Freight distribution is an increasingly important part of modern life. However, freight transport is also becoming more and more problematic in many cities: it often causes severe congestion, slows vehicles down due to several stops along the way and causes problems in the confines of the city centre where many deliveries take place. To minimise these negative consequences, Brescia has introduced restrictive measures for more efficient freight distribution.

Implementing sustainable mobility

When CIVITAS started, there were two key topics under discussion in Brescia, namely city logistics and freight distribution. Logistics services in the city required upgrading so they could cater to urban areas. In parallel, there was a need to reorganise freight distribution in the historical centre, particularly since access was managed through a Limited Traffic Zone (LTZ) where only residents, local public transport vehicles and other authorised vehicles could enter.

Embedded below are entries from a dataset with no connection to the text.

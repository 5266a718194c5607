// A list in fixed memory: room for N entries, of which the first few are in use.
ghost use Rattle.std.specs.Prelude.{◌≡◌, ◌<◌, [], ◌∷◌, ◌++◌, length, cond};

use std::marker::Model;

#[derive(Drop)]
pub struct FixedList<T: Copy, const N: usize> {
    entries: [T; N],
    len: usize,
}

// A clause sees the entries in use.
impl<T: Copy, const N: usize> Model for FixedList<T, N> {
    ghost use Rattle.std.specs.Prelude.{List, ◌≤◌, take};

    ghost Value = { List T };

    ghost view = { λ a. take a.len a.entries };

    ghost invariant = { λ a. a.len ≤ N };
}

impl<T: Copy, const N: usize> FixedList<T, N> {
    // None in use; `fill` stands in the room for them.
    pub fn new(fill: T) -> FixedList<T, N>
        ensures { result ≡ [] }
    {
        FixedList {
            entries: [fill; N],
            len: 0,
        }
    }

    pub fn clear(&mut self)
        ensures { self.new ≡ [] }
    {
        self.len = 0;
    }

    pub fn len(&self) -> usize
        ensures { result ≡ length self.now }
    {
        self.as_slice().len()
    }

    pub fn push(&mut self, x: T)
        requires { length self.old < N }
        ensures { self.new ≡ self.old ++ (x ∷ []) }
    {
        self.entries[self.len] = x;
        self.len += 1;
    }

    // One entry more where the flag says so. It is written in any case, which costs less than a branch.
    pub fn push_if(&mut self, b: bool, x: T)
        requires { length self.old < N }
        ensures { self.new ≡ self.old ++ cond b (x ∷ []) [] }
    {
        self.entries[self.len] = x;
        self.len += usize::from(b);
    }

    pub fn as_slice(&self) -> &[T]
        ensures { result.now ≡ self.now }
    {
        &self.entries[..self.len]
    }
}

The LTZ was characterised by different time bands (Z1 for the core with no access 24 hours a day and Z2 with open access from 4 pm to 8 am) to allow freight distribution in the city centre, where about 500 commercial businesses are located. The proposed solution that considered both topics was considered an innovative one at city level as it provided a comprehensive vision of urban freight movement in Brescia.

How did the measure progress?

An Urban Logistics Plan was elaborated by analysing the state of art concerning the freight distribution in Europe and in several Italian cities. Some solutions to create an urban distribution centre, including location and management considerations, aimed to reorganise freight distribution at city level. In particular, the measure foresaw new time windows and restrictions for the historical centre. The pedestrianisation of the main historical squares and substantial reorganisation of the freight delivery programme helped upgrade the standard of living and improve the environment in the heart of the city.

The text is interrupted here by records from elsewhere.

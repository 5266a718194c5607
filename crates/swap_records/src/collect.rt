// The records of this swap, collected once: those of x, split into crossing and standing ones, and the free ones.
ghost use Rattle.std.specs.Prelude.{◌≡◌, ◌+◌, ◌≤◌, ◌<◌, [], length, get_or};
ghost use Rattle.diagrams.specs.Layout.{most_records, records};
ghost use Rattle.swap_records.specs.Listed.{FreeListed, Splits};

use super::Pair;
use super::fixed_list::FixedList;
use diagrams::{MOST_RECORDS, RecordNumber};

// Numbers of records, with room for all that there can be.
pub type Numbers = FixedList<u16, MOST_RECORDS>;

// Entry k of a list of record numbers.
pub fn entry(list: &[u16], k: usize) -> RecordNumber
    requires { k < length list.now }
    ensures { (result.0 ≡ get_or list.now k 0) × (result.0 < 65536) }
{
    RecordNumber(usize::from(list[k]))
}

pub fn collect_free(table: &[u8], list: &mut Numbers)
    requires { records table.now ≤ most_records }
    ensures { FreeListed table.now list.new }
{
    list.clear();
    for i in 0..diagrams::count_records(table) {
        list.push_if(RecordNumber(i).is_free(table), i as u16);
    }
}

// Record i goes to the list that it belongs to, if it is a record of x.
fn split_record(
    table: &[u8],
    pair: Pair,
    i: RecordNumber,
    crossing: &mut Numbers,
    standing: &mut Numbers,
)
    requires { Splits table.now pair i.0 crossing.old standing.old × (i.0 < records table.now) }
    ensures { Splits table.now pair (i.0 + 1) crossing.new standing.new }
{
    if super::is_record_of(table, pair.x, i) {
        let crosses = super::is_crossing(table, pair, i);
        crossing.push_if(crosses, i.0 as u16);
        standing.push_if(!crosses, i.0 as u16);
    }
}

pub fn collect_x(table: &[u8], pair: Pair, crossing: &mut Numbers, standing: &mut Numbers)
    requires { records table.now ≤ most_records }
    ensures { Splits table.now pair (records table.now) crossing.new standing.new }
{
    crossing.clear();
    standing.clear();
    for i in 0..diagrams::count_records(table) {
        split_record(table, pair, RecordNumber(i), crossing, standing);
    }
}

What were the outcomes of the measure?

During the measure's implementation, information was collected about the average weight per delivery and about the number of access points leading to the historic centre. The data helped clarify to what extent operators streamlined their deliveries by optimising the use of their vehicle capacity and reducing their forays into the city centre. The results showed that the number of delivery vans decreased by 18%, trucks by 14.5% and lorries by 2.5%, while the average weight per delivery increased by 12%.

Transport companies were also obliged to reduce delivery journeys in order to respect the time restrictions for entering the centre and had to increase the average weight per delivery. Also the reduction and the reorganisation of loading and unloading areas influenced the choice of vehicles used and the weight factor. In addition, data collected through the LTZ cameras revealed that the pedestrianisation and new restrictive measures also contributed to the reduction of private car access (-9.2%).

Stakeholder acceptance towards implementation of an urban distribution centre in Brescia was assessed through a survey of 15 key freight operators in Brescia. The results revealed that during CIVITAS operators expressed solid, ongoing interest in the development of a freight distribution centre.

The measure led to the establishment of an experimental UDC service called Eco-Logis, which was launched on 12 November 2012 upon the completion of the MODERN project. The service is currently in operation and the experimental phase will last for at least one year. The measure's positive impact will continue well into the future by keeping the UDC active beyond the experimental phase.